▶ Task objective: Lines outside the range are not wanted. Give again exactly the lines between the line holding "one is left." and the line holding "fn instance(&self, number: u32)", inclusive, from the listing below.

▶ Dataset:
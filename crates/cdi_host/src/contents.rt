//! What a container holds, as the engine asks and changes it.
use crate::{Invocation, Stack};
use cdi_base::{Entry, Fields, Name, Scope, Seq, Text, Value};
use cdi_contexts::{Held, Status};
use cdi_store::{Component, Context, Instance, Owner, Reference};
use std::alloc::{AllocError, Global};

/// What a container holds: its instances and contexts, and what is under way in the running command. Each change is one of the
/// definition.
pub trait Contents {
    ghost use Rattle.std.specs.Prelude.{◌≡◌, ◌<◌, ◌^◌, ◌↔◌, None, Some, length, option_map, IfOk, IsErr, IsSome, OnOk, OnErr, IsTrue};
    ghost use Rattle.std.specs.Option.{option_copied};
    ghost use Rattle.cdi_contexts.specs.Contexts.{context_at, context_of};
    ghost use Rattle.cdi_contexts.specs.Refusals.{begin_refusal, opens_session};
    ghost use Rattle.cdi_machine.specs.World.{World, after_change, with_entry, instance_at};
    ghost use Rattle.cdi_machine.specs.World.Change.{Make, Settle, Refer, Discard, Leave, Remove, Assign, Mark, Finish, Close, Enter, Provide, Replace, Keep, Hold, Reach, Exit, Start, Stop, Borrow, Return, Down};
    ghost use Rattle.cdi_machine.specs.Commands.{is_used, requests_of, sessions_of};
    ghost use Rattle.cdi_machine.specs.Destruction.{greatest_in};
    ghost use Rattle.cdi_machine.specs.DestroyAct.{is_idle};
    ghost use Rattle.cdi_store.specs.Owned.{dependents_in};
    ghost use Rattle.cdi_host.specs.Asked.{status_in, held_in, number_left, latest_in, top_of};
    ghost use Rattle.cdi_host.specs.Standing.{due_session, has_named_contexts, standing_in, standing_in_session, with_request_begun};

    /// The world of the definition.
    ghost world: { Self → World };

    fn alloc(&self) -> Global;

    // ---- the world, as it is

    /// Whether the command may have one more entry.
    fn has_room(&self) -> bool
        ensures { IsTrue result ↔ (length (world self.now).trace < (world self.now).ticks) };

    /// How many entries the command has.
    fn entries(&self) -> u64
        ensures { length (world self.now).trace ≡ result };

    /// Whether the command may have one more level of bodies.
    fn may_go_deeper(&self) -> bool
        ensures { IsTrue result ↔ (length (world self.now).bodies < (world self.now).depth) };

    /// The number of the next instance, if one is left.
    fn next_number(&self) -> Option<u32>
        ensures { number_left (world self.now) ≡ result };

    /// The live instance with a number.
    fn instance(&self, number: u32) -> Option<&Instance>
        ensures { instance_at (world self.now) number ≡ option_map (λ o. o.now) result };

    /// An instance has at most 4,294,967,295 dependents.
    fn law_few(&self, number: u32)
        ensures { length (dependents_in (instance_at (world self.now) number)) < 2 ^ 32 };

    /// The status of the active context of a scope, if there is one.
    fn status(&self, scope: Scope) -> Option<Status>
        ensures { status_in (world self.now) scope ≡ result };

    /// What the active context of a scope has for a bean.
    fn held(&self, scope: Scope, bean: u32) -> Option<Held>
        ensures { held_in (world self.now) scope bean ≡ result };

    /// The context of a scope in the environment of the command, if it has one; the application is in every environment. Memory
    /// can be wanting for the name of a request or a session.
    fn context(&self, scope: Scope) -> Result<Option<Context>, AllocError>
        ensures found { IfOk result (λ context.
            context_of (world self.now).environment scope ≡ context) }
        ensures memory { IsErr result → IsTrue (has_named_contexts scope) };

    /// The greatest number of an instance that a context has.
    fn last_in(&self, context: &Context) -> Option<u32>
        ensures { greatest_in (context_at (world self.now).contexts context.now) ≡ result };

    /// The session of the command's environment, if it ends: it is marked, and no request that is there belongs to it. Memory can be
    /// wanting for its name.
    fn due_session(&self) -> Result<Option<Context>, AllocError>
        ensures found { IfOk result (λ session. due_session (world self.now) ≡ session) }
        ensures memory { IsErr result → IsSome (world self.now).environment.session };

    /// Whether a request that is there belongs to a session.
    fn is_used(&self, session: &Text) -> bool
        ensures { result ≡ is_used (world self.now).contexts session.now };

    /// The names of the requests that are there, in the order of their begin. Memory can be wanting.
    fn requests(&self) -> Result<Stack<Text>, AllocError>
        ensures { IfOk result (λ names. names ≡ requests_of (world self.now).contexts) };

    /// The names of the sessions that are there, in the order of their creation. Memory can be wanting.
    fn sessions(&self) -> Result<Stack<Text>, AllocError>
        ensures { IfOk result (λ names. names ≡ sessions_of (world self.now).contexts) };

    /// The innermost invocation, if one is under way.
    fn invocation(&self) -> Option<&Invocation>
        ensures { top_of (world self.now).invocations ≡ option_map (λ i. i.now) result };

    /// Whether neither an instance nor what it owns, and whose destruction hasn't begun, is the target of an invocation or has a
    /// running body.
    fn is_idle(&self, number: u32) -> bool
        ensures { result ≡ is_idle (world self.now) number };

    /// The latest of the innermost temporaries, if there are temporaries, and if one is there.
    fn latest_temporary(&self) -> Option<Option<u32>>
        ensures { latest_in (world self.now) ≡ result };

    // ---- the world, changed

    /// Writes an entry. Memory can be wanting; on an error nothing changes.
    fn write(&mut self, entry: Entry) -> Result<(), AllocError>
        ensures ok { OnOk result (world self.new ≡ with_entry entry (world self.old)) }
        ensures err { OnErr result (world self.new ≡ world self.old) };

    /// An instance gets the next number, of which one has to be left. Memory can be wanting; on an error nothing
    /// changes.
    fn make(&mut self, component: Component, owner: Owner, fields: Fields) -> Result<(), AllocError>
        requires { (world self.old).next < 2 ^ 32 }
        ensures ok { OnOk result (world self.new
            ≡ after_change (Make component owner fields) (world self.old)) }
        ensures err { OnErr result (world self.new ≡ world self.old) };

    /// The instance is ready: its context, its owner or the temporaries have it. Memory can be wanting; on an error
    /// nothing changes.
    fn settle(&mut self, number: u32) -> Result<(), AllocError>
        ensures ok { OnOk result (world self.new
            ≡ after_change (Settle number) (world self.old)) }
        ensures err { OnErr result (world self.new ≡ world self.old) };

    /// An injected field of the instance has a reference. Memory can be wanting; on an error nothing changes.
    fn refer(&mut self, number: u32, field: Name, reference: Reference) -> Result<(), AllocError>
        ensures ok { OnOk result (world self.new
            ≡ after_change (Refer number field reference) (world self.old)) }
        ensures err { OnErr result (world self.new ≡ world self.old) };

    /// The creation of the instance has failed: it is gone, and its context has it no longer.
    fn discard(&mut self, number: u32)
        ensures { world self.new ≡ after_change (Discard number) (world self.old) };

    /// The destruction of the instance begins: nothing has it any more.
    fn leave(&mut self, number: u32)
        ensures { world self.new ≡ after_change (Leave number) (world self.old) };

    /// The instance is gone.
    fn remove(&mut self, number: u32)
        ensures { world self.new ≡ after_change (Remove number) (world self.old) };

    /// A field of the instance has another value.
    fn assign(&mut self, number: u32, field: Name, value: Value)
        ensures { world self.new ≡ after_change (Assign number field value) (world self.old) };

    /// A request begins that isn't refused, in its session if it names one, and the command runs in them. A session that isn't there
    /// begins with it; whether it does is told. Memory can be wanting; on an error nothing changes.
    fn begin_request(&mut self, request: Text, session: Option<Text>) -> Result<bool, AllocError>
        requires { begin_refusal (world self.old).contexts request session ≡ None }
        ensures begun { OnOk result (world self.new
            ≡ standing_in (Some request) (with_request_begun request session (world self.old))) }
        ensures opens { IfOk result (λ opens. opens
            ≡ opens_session (world self.old).contexts session) }
        ensures err { OnErr result (world self.new ≡ world self.old) };

    /// A session is marked: it ends with its last request.
    fn mark(&mut self, session: &Text)
        ensures { world self.new ≡ after_change (Mark session.now) (world self.old) };

    /// A context is being destroyed.
    fn finish(&mut self, context: &Context)
        ensures { world self.new ≡ after_change (Finish context.now) (world self.old) };

    /// A context is gone.
    fn close(&mut self, context: &Context)
        ensures { world self.new ≡ after_change (Close context.now) (world self.old) };

    /// The command runs in a request and its session, or in none. Memory can be wanting for the name of the session; on an
    /// error nothing changes.
    fn stand_in(&mut self, request: Option<Text>) -> Result<(), AllocError>
        ensures ok { OnOk result (world self.new ≡ standing_in request (world self.old)) }
        ensures err { OnErr result (world self.new ≡ world self.old) }
        ensures memory { IsErr result → IsSome request };

    /// The command runs in a session alone.
    fn stand_in_session(&mut self, session: Text)
        ensures { world self.new ≡ standing_in_session session (world self.old) };

    /// An invocation begins. Memory can be wanting; on an error nothing changes.
    fn enter(&mut self, invocation: Invocation) -> Result<(), AllocError>
        ensures ok { OnOk result (world self.new
            ≡ after_change (Enter invocation) (world self.old)) }
        ensures err { OnErr result (world self.new ≡ world self.old) };

    /// The innermost invocation's parameters have references. A world without invocations stays as it is.
    fn provide(&mut self, references: Seq<Reference>)
        ensures { world self.new ≡ after_change (Provide references) (world self.old) };

    /// The innermost invocation has other parameters.
    fn replace(&mut self, parameters: Seq<Value>)
        ensures { world self.new ≡ after_change (Replace parameters) (world self.old) };

    /// The innermost invocation's context data have a value under a key. Memory can be wanting; on an error nothing changes.
    fn keep(&mut self, key: Name, value: Value) -> Result<(), AllocError>
        ensures ok { OnOk result (world self.new ≡ after_change (Keep key value) (world self.old)) }
        ensures err { OnErr result (world self.new ≡ world self.old) };

    /// The instance of a product has a value.
    fn hold(&mut self, number: u32, value: Value)
        ensures { world self.new ≡ after_change (Hold number value) (world self.old) };

    /// What stands at the end of the innermost invocation's chain has been run.
    fn reach(&mut self)
        ensures { world self.new ≡ after_change Reach (world self.old) };

    /// The innermost invocation ends.
    fn exit(&mut self)
        ensures { world self.new ≡ after_change Exit (world self.old) };

    /// A body starts on an instance. Memory can be wanting; on an error nothing changes.
    fn start(&mut self, number: u32) -> Result<(), AllocError>
        ensures ok { OnOk result (world self.new
            ≡ after_change (Start number) (world self.old)) }
        ensures err { OnErr result (world self.new ≡ world self.old) };

    /// The innermost body ends.
    fn stop(&mut self)
        ensures { world self.new ≡ after_change Stop (world self.old) };

    /// From here on, what is borrowed is temporary. Memory can be wanting; on an error nothing changes.
    fn borrow(&mut self) -> Result<(), AllocError>
        ensures ok { OnOk result (world self.new
            ≡ after_change Borrow (world self.old)) }
        ensures err { OnErr result (world self.new ≡ world self.old) };

    /// The innermost temporaries are over.
    fn give_back(&mut self)
        ensures { world self.new ≡ after_change Return (world self.old) };

    /// The container is down.
    fn bring_down(&mut self)
        ensures { world self.new ≡ after_change Down (world self.old) };
}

▶ Response:
    /// The number of the next instance, if one is left.
    fn next_number(&self) -> Option<u32>
        ensures { number_left (world self.now) ≡ result };

    /// The live instance with a number.
    fn instance(&self, number: u32) -> Option<&Instance>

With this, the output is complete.